> [TASK DIRECTIONS]
Print word for word the first line of the records below and every following line through the one containing "pub(crate) const MOST: usize"; print nothing else.

++++ AVAILABLE RECORDS ++++

//! The first bits of some words, and how many words they take.

ghost use Rattle.std.specs.Prelude.{◌≡◌, ◌≤◌, ◌<◌, ◌+◌, ◌*◌, ◌==◌, ℕ, is_ok, if◌then◌else◌, map};
ghost use Rattle.std.specs.Prelude.{OnOk, OnErr, length, min, slice_set, vec_len, vec_capacity};
ghost use Rattle.bitvec.specs.BitSpan.{span_of};
ghost use Rattle.bitvec.specs.Digit.{digit};
ghost use Rattle.bitvec.specs.Place.{region_max_bits};
ghost use Rattle.bitvec.specs.Span.{front_span};
ghost use Rattle.bitvec_vec.specs.Front.{front_bits, front_of, words_for};

use bitvec::index::BitIdx;
use bitvec::mem;
use bitvec::mem::BitRegister;
use bitvec::order::BitOrder;
use bitvec::ptr::span::BitSpan;
use std::alloc::{AllocError, Allocator};

// The most bits that a span can have.
pub(crate) const MOST: usize = usize::MAX >> 3;

// The span of the first `len` bits.
pub(crate) fn span_of_front<R: BitRegister, O>(len: usize) -> BitSpan<R, O>
    requires { len ≤ region_max_bits }
    ensures span { span_of result ≡ front_span len }
    ensures len { (span_of result).len ≡ len }
{
    BitSpan::at_unchecked(0, len)
}

// How many words `len` bits take.
pub(crate) fn words_of_bits<R: BitRegister>(len: usize) -> usize
    ensures { result ≡ words_for R.BITS len }
{
    mem::elts::<R>(len)
}

// One where a truth value is true, else zero.
#[inline(always)]
pub(crate) fn one_where<R: BitRegister>(bit: bool) -> R
    ensures { R.number result ≡ (if bit then 1 else 0) }
{
    if bit { R::ONE } else { R::ZERO }
}

// A word with another bit at an index: what was there is cleared, and the bit put in its place.
// Both are made ready before the word is there, which may wait for the store of the bit before.
#[inline(always)]
fn with_bit<R: BitRegister, O: BitOrder<R>>(word: R, index: BitIdx<R>, bit: bool) -> R
    ensures { (j : ℕ) → j < R.BITS → digit (R.number result) (O.at_of j)
        ≡ (if j == index then bit else digit (R.number word) (O.at_of j)) }
{
    let selector = index.select::<O>().into_inner();
    let one: R = one_where(bit);
    let moved = one.shl(index.position::<O>().into_inner());
    word.and(selector.not()).or(moved)
}

// Writes bit `len` of words that are as many as the first `len + 1` bits take.
#[inline(always)]
pub(crate) fn put_last<R: BitRegister, O: BitOrder<R>>(words: &mut [R], len: usize, bit: bool)
    requires { length words.old ≡ words_for R.BITS (len + 1) }
    ensures { let bits = front_of R.BITS O.at_of R.number (len + 1) in bits words.new
        ≡ slice_set (bits words.old) len bit }
{
    let index = BitIdx::new_unchecked((len % usize::from(R::BITS)) as u8);
    let last = words.len() - 1;
    words[last] = with_bit::<R, O>(words[last], index, bit);
}

// Makes room for one bit behind the first `len`, which stay. Where a word ends there are fewer than
// the most, which is one less than a multiple of the width.
pub(crate) fn make_room<R: BitRegister, A: Allocator>(
    words: &mut Vec<R, A>,
    len: usize,
) -> Result<(), AllocError>
    requires enough { vec_len words.old ≡ words_for R.BITS len }
    requires short { len ≤ region_max_bits }
    ensures len { vec_len words.new
        ≡ (if is_ok result then words_for R.BITS (len + 1) else vec_len words.old) }
    ensures short { OnOk result (len < region_max_bits) }
    ensures kept { (at : ℕ → ℕ) → front_bits R.BITS at len (map R.number words.new.items)
        ≡ front_bits R.BITS at len (map R.number words.old.items) }
    ensures capacity { vec_capacity words.old ≤ vec_capacity words.new }
    ensures full { OnErr result (min (vec_capacity words.old * R.BITS) region_max_bits ≤ len) }
{
    if len % usize::from(R::BITS) != 0 {
        if len == MOST {
            return Err(AllocError);
        }
        return Ok(());
    }
    match words.push(R::ZERO) {
        Ok(()) => Ok(()),
        Err(_) => Err(AllocError),
    }
}

// Resizes the words to those that `to` bits take. The first `len` bits stay. The room is taken
// first, since it then stays too where memory is refused: `resize` alone does not say so.
pub(crate) fn fit_words<R: BitRegister, A: Allocator>(
    words: &mut Vec<R, A>,
    len: usize,
    to: usize,
) -> Result<(), AllocError>
    requires enough { vec_len words.old ≡ words_for R.BITS len }
    requires longer { len ≤ to }
    ensures len { vec_len words.new
        ≡ (if is_ok result then words_for R.BITS to else vec_len words.old) }
    ensures kept { (at : ℕ → ℕ) → front_bits R.BITS at len (map R.number words.new.items)
        ≡ front_bits R.BITS at len (map R.number words.old.items) }
    ensures capacity { vec_capacity words.old ≤ vec_capacity words.new }
    ensures full { OnErr result (vec_capacity words.old * R.BITS < to) }
    ensures refused { OnErr result (vec_capacity words.new ≡ vec_capacity words.old) }
{
    let count = words_of_bits::<R>(to);
    words.reserve(count - words.len())?;
    words.resize(count, R::ZERO)
}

++++

> [TASK RESULT]
//! The first bits of some words, and how many words they take.

ghost use Rattle.std.specs.Prelude.{◌≡◌, ◌≤◌, ◌<◌, ◌+◌, ◌*◌, ◌==◌, ℕ, is_ok, if◌then◌else◌, map};
ghost use Rattle.std.specs.Prelude.{OnOk, OnErr, length, min, slice_set, vec_len, vec_capacity};
ghost use Rattle.bitvec.specs.BitSpan.{span_of};
ghost use Rattle.bitvec.specs.Digit.{digit};
ghost use Rattle.bitvec.specs.Place.{region_max_bits};
ghost use Rattle.bitvec.specs.Span.{front_span};
ghost use Rattle.bitvec_vec.specs.Front.{front_bits, front_of, words_for};

use bitvec::index::BitIdx;
use bitvec::mem;
use bitvec::mem::BitRegister;
use bitvec::order::BitOrder;
use bitvec::ptr::span::BitSpan;
use std::alloc::{AllocError, Allocator};

// The most bits that a span can have.
pub(crate) const MOST: usize = usize::MAX >> 3;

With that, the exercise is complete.